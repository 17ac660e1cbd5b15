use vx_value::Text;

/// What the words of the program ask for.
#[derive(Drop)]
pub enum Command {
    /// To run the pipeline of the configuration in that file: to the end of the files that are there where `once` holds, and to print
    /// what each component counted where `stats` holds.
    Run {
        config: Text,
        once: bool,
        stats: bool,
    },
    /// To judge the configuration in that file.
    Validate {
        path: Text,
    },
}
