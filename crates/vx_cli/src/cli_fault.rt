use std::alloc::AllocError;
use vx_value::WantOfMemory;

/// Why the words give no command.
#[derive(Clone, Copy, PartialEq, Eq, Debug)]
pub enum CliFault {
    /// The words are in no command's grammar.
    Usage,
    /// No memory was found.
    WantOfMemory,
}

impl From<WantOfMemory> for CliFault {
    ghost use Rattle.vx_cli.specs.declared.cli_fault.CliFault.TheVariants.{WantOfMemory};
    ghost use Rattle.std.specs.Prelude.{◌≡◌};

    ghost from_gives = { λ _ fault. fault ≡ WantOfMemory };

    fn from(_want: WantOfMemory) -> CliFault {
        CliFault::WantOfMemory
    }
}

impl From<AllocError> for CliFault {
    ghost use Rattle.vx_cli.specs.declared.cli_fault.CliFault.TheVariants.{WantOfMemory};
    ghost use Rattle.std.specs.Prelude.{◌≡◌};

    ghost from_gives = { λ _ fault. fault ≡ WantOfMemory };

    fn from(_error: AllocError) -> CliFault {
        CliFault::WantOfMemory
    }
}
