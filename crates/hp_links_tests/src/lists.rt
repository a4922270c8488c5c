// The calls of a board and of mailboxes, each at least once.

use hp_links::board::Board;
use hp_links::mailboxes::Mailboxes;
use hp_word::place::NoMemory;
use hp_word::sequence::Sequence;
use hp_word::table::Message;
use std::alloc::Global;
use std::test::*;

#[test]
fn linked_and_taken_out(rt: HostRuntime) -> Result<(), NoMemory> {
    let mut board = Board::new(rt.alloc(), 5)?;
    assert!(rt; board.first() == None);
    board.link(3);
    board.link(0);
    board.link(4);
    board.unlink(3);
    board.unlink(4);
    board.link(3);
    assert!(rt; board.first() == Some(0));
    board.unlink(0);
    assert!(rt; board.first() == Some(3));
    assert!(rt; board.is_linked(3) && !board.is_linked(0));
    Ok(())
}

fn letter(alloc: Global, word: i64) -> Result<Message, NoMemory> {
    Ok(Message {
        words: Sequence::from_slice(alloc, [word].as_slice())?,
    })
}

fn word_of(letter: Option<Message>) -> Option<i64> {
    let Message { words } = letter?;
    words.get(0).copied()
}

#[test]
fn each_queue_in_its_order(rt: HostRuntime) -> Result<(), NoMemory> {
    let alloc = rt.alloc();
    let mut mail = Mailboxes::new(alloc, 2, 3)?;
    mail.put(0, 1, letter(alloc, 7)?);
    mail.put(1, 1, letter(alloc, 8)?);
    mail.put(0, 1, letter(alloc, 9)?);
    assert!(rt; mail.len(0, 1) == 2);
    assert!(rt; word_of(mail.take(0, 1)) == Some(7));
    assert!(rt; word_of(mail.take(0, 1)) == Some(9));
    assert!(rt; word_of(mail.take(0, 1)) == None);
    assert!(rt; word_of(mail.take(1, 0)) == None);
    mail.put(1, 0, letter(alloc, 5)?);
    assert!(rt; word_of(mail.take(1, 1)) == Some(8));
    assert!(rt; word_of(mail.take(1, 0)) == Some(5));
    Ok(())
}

:::

* Task details *
All of the data above needs to be retyped exactly, with each line as it stands.

* Solution to the problem *
repository 17ac660e1cbd5b15
use vx_value::Text;

/// What the words of the program ask for.
#[derive(Drop)]
pub enum Command {
    /// To run the pipeline of the configuration in that file: to the end of the files that are there where `once` holds, and to print
    /// what each component counted where `stats` holds.
    Run {
        config: Text,
        once: bool,
        stats: bool,
    },
    /// To judge the configuration in that file.
    Validate {
        path: Text,
    },
}
filename crates/vx_cli/src/cli_fault.rt
use std::alloc::AllocError;
use vx_value::WantOfMemory;

/// Why the words give no command.
#[derive(Clone, Copy, PartialEq, Eq, Debug)]
pub enum CliFault {
    /// The words are in no command's grammar.
    Usage,
    /// No memory was found.
    WantOfMemory,
}

impl From<WantOfMemory> for CliFault {
    ghost use Rattle.vx_cli.specs.declared.cli_fault.CliFault.TheVariants.{WantOfMemory};
    ghost use Rattle.std.specs.Prelude.{◌≡◌};

    ghost from_gives = { λ _ fault. fault ≡ WantOfMemory };

    fn from(_want: WantOfMemory) -> CliFault {
        CliFault::WantOfMemory
    }
}

impl From<AllocError> for CliFault {
    ghost use Rattle.vx_cli.specs.declared.cli_fault.CliFault.TheVariants.{WantOfMemory};
    ghost use Rattle.std.specs.Prelude.{◌≡◌};

    ghost from_gives = { λ _ fault. fault ≡ WantOfMemory };

    fn from(_error: AllocError) -> CliFault {
        CliFault::WantOfMemory
    }
}
filename crates/hp_links_tests/src/lists.rt
repository a4922270c8488c5c
// The calls of a board and of mailboxes, each at least once.

use hp_links::board::Board;
use hp_links::mailboxes::Mailboxes;
use hp_word::place::NoMemory;
use hp_word::sequence::Sequence;
use hp_word::table::Message;
use std::alloc::Global;
use std::test::*;

#[test]
fn linked_and_taken_out(rt: HostRuntime) -> Result<(), NoMemory> {
    let mut board = Board::new(rt.alloc(), 5)?;
    assert!(rt; board.first() == None);
    board.link(3);
    board.link(0);
    board.link(4);
    board.unlink(3);
    board.unlink(4);
    board.link(3);
    assert!(rt; board.first() == Some(0));
    board.unlink(0);
    assert!(rt; board.first() == Some(3));
    assert!(rt; board.is_linked(3) && !board.is_linked(0));
    Ok(())
}

fn letter(alloc: Global, word: i64) -> Result<Message, NoMemory> {
    Ok(Message {
        words: Sequence::from_slice(alloc, [word].as_slice())?,
    })
}

fn word_of(letter: Option<Message>) -> Option<i64> {
    let Message { words } = letter?;
    words.get(0).copied()
}

#[test]
fn each_queue_in_its_order(rt: HostRuntime) -> Result<(), NoMemory> {
    let alloc = rt.alloc();
    let mut mail = Mailboxes::new(alloc, 2, 3)?;
    mail.put(0, 1, letter(alloc, 7)?);
    mail.put(1, 1, letter(alloc, 8)?);
    mail.put(0, 1, letter(alloc, 9)?);
    assert!(rt; mail.len(0, 1) == 2);
    assert!(rt; word_of(mail.take(0, 1)) == Some(7));
    assert!(rt; word_of(mail.take(0, 1)) == Some(9));
    assert!(rt; word_of(mail.take(0, 1)) == None);
    assert!(rt; word_of(mail.take(1, 0)) == None);
    mail.put(1, 0, letter(alloc, 5)?);
    assert!(rt; word_of(mail.take(1, 1)) == Some(8));
    assert!(rt; word_of(mail.take(1, 0)) == Some(5));
    Ok(())
}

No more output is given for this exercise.